He then outlined Canada’s duties under the Convention on the Rights of the Child, finding that Canada was required to protect Omar from “physical and mental violence, injury, abuse or maltreatment” and that it had implicitly condoned the use of sleep deprivation techniques by conducting interviews with knowledge that Omar had been subjected to them. (Khadr, 2009 FC, ). Although he found that the Optional Protocol on the Involvement of Children in Armed Conflict raised no specific legal obligation on Canada in respect to Omar, he found the principles set out in its preamble recognised the special needs of children “who are particularly vulnerable to recruitment or use in hostilities” and identified the need to strengthen international co-operation to implement the Protocol “as well as the physical and psychosocial rehabilitation and social reintegration of children who are victims of armed conflict”(Khadr, 2009 FC, [66-68]). On this basis he determined that Canada’s constitutional duty to uphold the principles of fundamental justice under s.7 of the Charter included a duty to protect Omar by ensuring that he is treated in accord with international human rights norms. He also found that a request for repatriation “as soon as practicable” was minimally intrusive on the Crown’s prerogative over foreign affairs. (Khadr, 2009 FC, [89, 91]).
In short, O’Reilly J.’s reasoning, which was upheld by the Federal Court of Appeal, was a model demonstrating how a state can use domestic legal infrastructure to uphold its international human rights commitments. Omar’s circumstances are unprecedented in Canada and it can only be hoped that they will never be replicated. If the Supreme Court of Canada had refused leave to appeal, all would have been well.
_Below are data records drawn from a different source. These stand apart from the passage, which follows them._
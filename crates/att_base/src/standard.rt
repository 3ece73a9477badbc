// The real streams: a few lines over what std reads from and writes to.
ghost use Rattle.std.specs.Prelude.{◌≡◌, ℕ, ◌<◌, ◌≤◌, length, take, IfOk, OnOk, OnErr};
ghost use Rattle.att_base.specs.Streams.{put_after, CountsCall, TellsAlike};

use crate::faults::Failed;
use crate::streams::{Sink, Source};
use std::io::{Read, Write};

/// What std reads from, as standard input. It tells what std's reader tells.
///
/// Each error of the reader counts as a fault, and so does a call that was interrupted.
#[derive(Drop)]
pub struct StdSource<R: Read> {
    inner: R,
    faults: u64,
    ghost alike: { TellsAlike R.remaining },
}

impl<R: Read> StdSource<R> {
    /// A source over a reader, with no fault yet. Either each reader of this type tells what is left, or none does.
    pub fn new(inner: R) -> StdSource<R>
        requires { TellsAlike R.remaining }
        ensures left { ⟦<StdSource<R> as Source>⟧.left result ≡ R.remaining inner }
        ensures faults { ⟦<StdSource<R> as Source>⟧.faults result ≡ 0 }
    {
        StdSource { inner, faults: 0 }
    }
}

impl<R: Read> Source for StdSource<R> {
    ghost left = { λ s. R.remaining s.inner };

    ghost faults = { λ s. s.faults };

    fn read(&mut self, into: &mut [u8]) -> Result<usize, Failed> {
        match self.inner.read(into) {
            Ok(count) => Ok(count),
            Err(_) => {
                self.faults = self.faults.saturating_add(1);
                Err(Failed)
            }
        }
    }
}

// One write. To take nothing of a piece that isn't empty counts as a fault, as each error does.
fn write_counted<W: Write>(inner: &mut W, faults: &mut u64, piece: &[u8]) -> Result<usize, Failed>
    requires { TellsAlike W.contents }
    ensures bound { IfOk result (λ n. n ≤ length piece.now) }
    ensures bytes { IfOk result (λ n. W.contents inner.new ≡ put_after (W.contents inner.old) (take n piece.now)) }
    ensures progress { IfOk result (λ n. 0 < length piece.now → 0 < n) }
    ensures err { OnErr result (W.contents inner.new ≡ W.contents inner.old) }
    ensures counted { CountsCall result faults.old faults.new }
{
    match inner.write(piece) {
        Ok(count) if count > 0 || piece.is_empty() => Ok(count),
        _ => {
            *faults = faults.saturating_add(1);
            Err(Failed)
        }
    }
}

/// What std writes to, as standard output. It tells what std's writer tells.
///
/// Each error of the writer counts as a fault, and so does a call that was interrupted, or that took nothing of a
/// piece that isn't empty. It keeps nothing back: what a call took has gone to the writer.
#[derive(Drop)]
pub struct StdSink<W: Write> {
    inner: W,
    faults: u64,
    ghost alike: { TellsAlike W.contents },
}

impl<W: Write> StdSink<W> {
    /// A sink over a writer, with no fault yet. Either each writer of this type tells what it holds, or none does.
    pub fn new(inner: W) -> StdSink<W>
        requires { TellsAlike W.contents }
        ensures held { ⟦<StdSink<W> as Sink>⟧.held result ≡ W.contents inner }
        ensures faults { ⟦<StdSink<W> as Sink>⟧.faults result ≡ 0 }
    {
        StdSink { inner, faults: 0 }
    }
}

impl<W: Write> Sink for StdSink<W> {
    ghost held = { λ s. W.contents s.inner };

    ghost faults = { λ s. s.faults };

    fn write(&mut self, piece: &[u8]) -> Result<usize, Failed> {
        write_counted(&mut self.inner, &mut self.faults, piece)
    }
}

/// What std writes messages to, as standard error. It is in all a `StdSink`, of a type of its own.
#[derive(Drop)]
pub struct StdErr<W: Write> {
    inner: W,
    faults: u64,
    ghost alike: { TellsAlike W.contents },
}

impl<W: Write> StdErr<W> {
    /// A sink over a writer, with no fault yet. Either each writer of this type tells what it holds, or none does.
    pub fn new(inner: W) -> StdErr<W>
        requires { TellsAlike W.contents }
        ensures held { ⟦<StdErr<W> as Sink>⟧.held result ≡ W.contents inner }
        ensures faults { ⟦<StdErr<W> as Sink>⟧.faults result ≡ 0 }
    {
        StdErr { inner, faults: 0 }
    }
}

impl<W: Write> Sink for StdErr<W> {
    ghost held = { λ s. W.contents s.inner };

    ghost faults = { λ s. s.faults };

    fn write(&mut self, piece: &[u8]) -> Result<usize, Failed> {
        write_counted(&mut self.inner, &mut self.faults, piece)
    }
}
Given the facts of Omar’s situation, Canada’s legislative support for human rights, and the Supreme Court’s previous reasoning, its reversal of the order to request Omar’s repatriation is both shocking and mysterious, particularly since the court failed to address children’s rights and the issue of torture that figured so prominently in the Federal Court reasoning. The Court did confirm that the interrogations conducted by Canadian officials with knowledge that Omar had been subjected to sleep deprivation techniques signified Canada’s active participation in a process that violated international human rights and deprived Omar of his right to liberty and security of the person guaranteed by s. 7 of the Charter. It even found that the order to request Omar’s repatriation was an appropriate remedy. It is the reversal of this order on the grounds that it touched on the Crown prerogative over foreign affairs that is particularly troubling. What does it mean to grant government officials such broad discretion to suspend the laws of Canada with regard to a particular individual, especially when that person’s rights were violated as a child? Its rationale for doing this was poorly explained, revealing some rather ominous cracks in what people have generally assumed to be an enviable legal regime.
The appeal to the Supreme Court of Canada was prepared by Canada’ s Department of Justice on behalf of the Prime Minister, the Minister of Foreign Affairs, the Director of the Canadian Security Intelligence Service and the Commissioner of the Royal Canadian Mounted Police. In other words, arguments against the recommendation for repatriation tabled by both houses of parliament were prepared at the expense of Canadian citizens on behalf of government agencies that had already been implicated in serious violations of Canadian law in relation to Omar Khadr. This raises many questions. Do they have something to hide? Should the Department of Justice be formulating arguments on behalf of administrative departments against the express will of Parliament? Who represents Canada? And, given Omar’s lack of resources, can justice be assured in the face of such a David and Goliath imbalance in access to legal representation? Given the serious nature of both the prohibition against torture and the rights of children it also leads us to wonder whether the governmental veil should not be lifted in some circumstances to consider the personal responsibility of individuals purporting to act on Canada’s behalf.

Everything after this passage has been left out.